# Hurah for crappie



## bigcountryjc (Nov 4, 2006)

So I took my boat out today for her first fishing trip and was happy with the way she preformed. Oh and I also caught a couple fish guess I'll have to find another spot next time. Was fishing the west fork of lake houston.


----------



## sps (Jun 17, 2006)

Awesome, looks like you had fun!


----------



## bigcountryjc (Nov 4, 2006)

*????????*

100 views and one responses from the guy i bought the boat from. Guess next time I'll have to catch a limit.


----------



## shadslinger (Aug 21, 2005)

Nice catch bigcountryjc, on a virgin outing no less! You got dinner and catfish bait I see. BTW, are drum aliens? They have the alien redeye,......?
What kind of boat did you get?


----------



## bigcountryjc (Nov 4, 2006)

Thanks SS it is just a 14' monark flat bottom aluminum boat with a 6 HP enigine. Are you talking about the goo's being catfish bait? I just cleaned the fish and am about to fry them up haven't had crappie in a long time am looking forward to it.


----------



## shadslinger (Aug 21, 2005)

My first boat was a 14' Monarch, lasted 20 years. They are tough boats. Yeah those goo make very good catfish bait, those the size that you have will eat good too.


----------



## outdooraggie2011 (Nov 24, 2008)

i didnt know gaspergoo were any good to eat. i've heard otherwise...


----------



## Northsider (Feb 19, 2008)

Congrats on your catch bigcountryjc glad ya had fun.
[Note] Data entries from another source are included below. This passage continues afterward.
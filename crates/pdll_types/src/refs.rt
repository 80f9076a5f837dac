//! The kinds that refs write.

ghost use Rattle.std.specs.Prelude.{◌≡◌, ◌||◌, IfOk, option_copied};
ghost use Rattle.std.specs.Option.{is_some};
ghost use Rattle.pdll_syntax.specs.ExprTree.{refs};
ghost use Rattle.pdll_syntax.specs.ExprView.{ref_form};
ghost use Rattle.pdll_types.specs.Signatures.{form_kind, form_name, first_kind, first_name, kind_of_refs};
ghost use Rattle.pdll_types.specs.Mentions.{is_kind};

use crate::kind::{Kind, copy_maybe_text};
use crate::table::Table;
use pdll_syntax::expr::{Ref, RefForm};
use std::alloc::{AllocError, Global};

/// The kind that a ref is.
fn form_kind(alloc: Global, form: &RefForm) -> Result<Option<Kind>, AllocError>
    ensures { IfOk result (λ k. k ≡ form_kind (ref_form form.now)) }
{
    match form {
        RefForm::Attr(_) => Ok(Some(Kind::Attr)),
        RefForm::Op(name) => Ok(Some(Kind::Row(copy_maybe_text(alloc, name)?))),
        RefForm::Ty => Ok(Some(Kind::Ty)),
        RefForm::Tys => Ok(Some(Kind::Tys)),
        RefForm::Value(_) => Ok(Some(Kind::Value)),
        RefForm::Values(_) => Ok(Some(Kind::Values)),
        RefForm::Named(_) => Ok(None),
    }
}

fn is_kind_form(form: &RefForm) -> bool
    ensures { result ≡ is_some (form_kind (ref_form form.now)) }
{
    !matches!(form, RefForm::Named(_))
}

/// Whether a ref is a kind.
pub fn is_kind(kind: &Ref) -> bool
    ensures { result ≡ is_kind kind.now }
{
    is_kind_form(&kind.form)
}

/// Whether a kind stands before or here.
pub fn is_later(later: bool, kind: &Ref) -> bool
    ensures { result ≡ (later || is_kind kind.now) }
{
    later || is_kind(kind)
}

/// The name that a ref is.
fn form_name(form: &RefForm) -> Option<&[u8]>
    ensures { option_copied result ≡ form_name (ref_form form.now) }
{
    match form {
        RefForm::Named(name) => Some(name.as_slice()),
        _ => None,
    }
}

fn first_kind(alloc: Global, all: &[Ref]) -> Result<Option<Kind>, AllocError>
    ensures { IfOk result (λ k. k ≡ first_kind (refs all.now)) }
{
    for kind in all {
        if is_kind(kind) {
            return form_kind(alloc, &kind.form);
        }
    }
    Ok(None)
}

fn first_name(all: &[Ref]) -> Option<&[u8]>
    ensures { option_copied result ≡ first_name (refs all.now) }
{
    for kind in all {
        if let Some(name) = form_name(&kind.form) {
            return Some(name);
        }
    }
    None
}

/// The kind that refs write: the first one, or else that of the parameter of their first constraint.
#[tactic(auto, unfolding(crate::specs::Signatures::kind_of_refs))]
pub fn kind_of_refs(
    alloc: Global,
    table: &Table<'_>,
    all: &[Ref],
) -> Result<Option<Kind>, AllocError>
    ensures { IfOk result (λ k. k ≡ kind_of_refs table.now (refs all.now)) }
{
    if let Some(kind) = first_kind(alloc, all)? {
        return Ok(Some(kind));
    }
    match first_name(all) {
        Some(name) => table.only_parameter(alloc, name),
        None => Ok(None),
    }
}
I had a 15' Monarch with a 15hp Evinrude that ran like a champ, I caught a many of fish out of it, man I sure miss that old boat. You have a boat that will last you a many of years, you made a great choice.


----------



## bigcountryjc (Nov 4, 2006)

outdooraggie2011 said:


> i didnt know gaspergoo were any good to eat. i've heard otherwise...


Yeah they are great really white and firm meat i just fried some up and yummy. They remind me of red fish meat kinda sorta in a way. anyhoo try a goo.


----------



## bigcountryjc (Nov 4, 2006)

shadslinger said:


> My first boat was a 14' Monarch, lasted 20 years. They are tough boats. Yeah those goo make very good catfish bait, those the size that you have will eat good too.





Northsider said:


> Congrats on your catch bigcountryjc glad ya had fun. I had a 15' Monarch with a 15hp Evinrude that ran like a champ, I caught a many of fish out of it, man I sure miss that old boat. You have a boat that will last you a many of years, you made a great choice.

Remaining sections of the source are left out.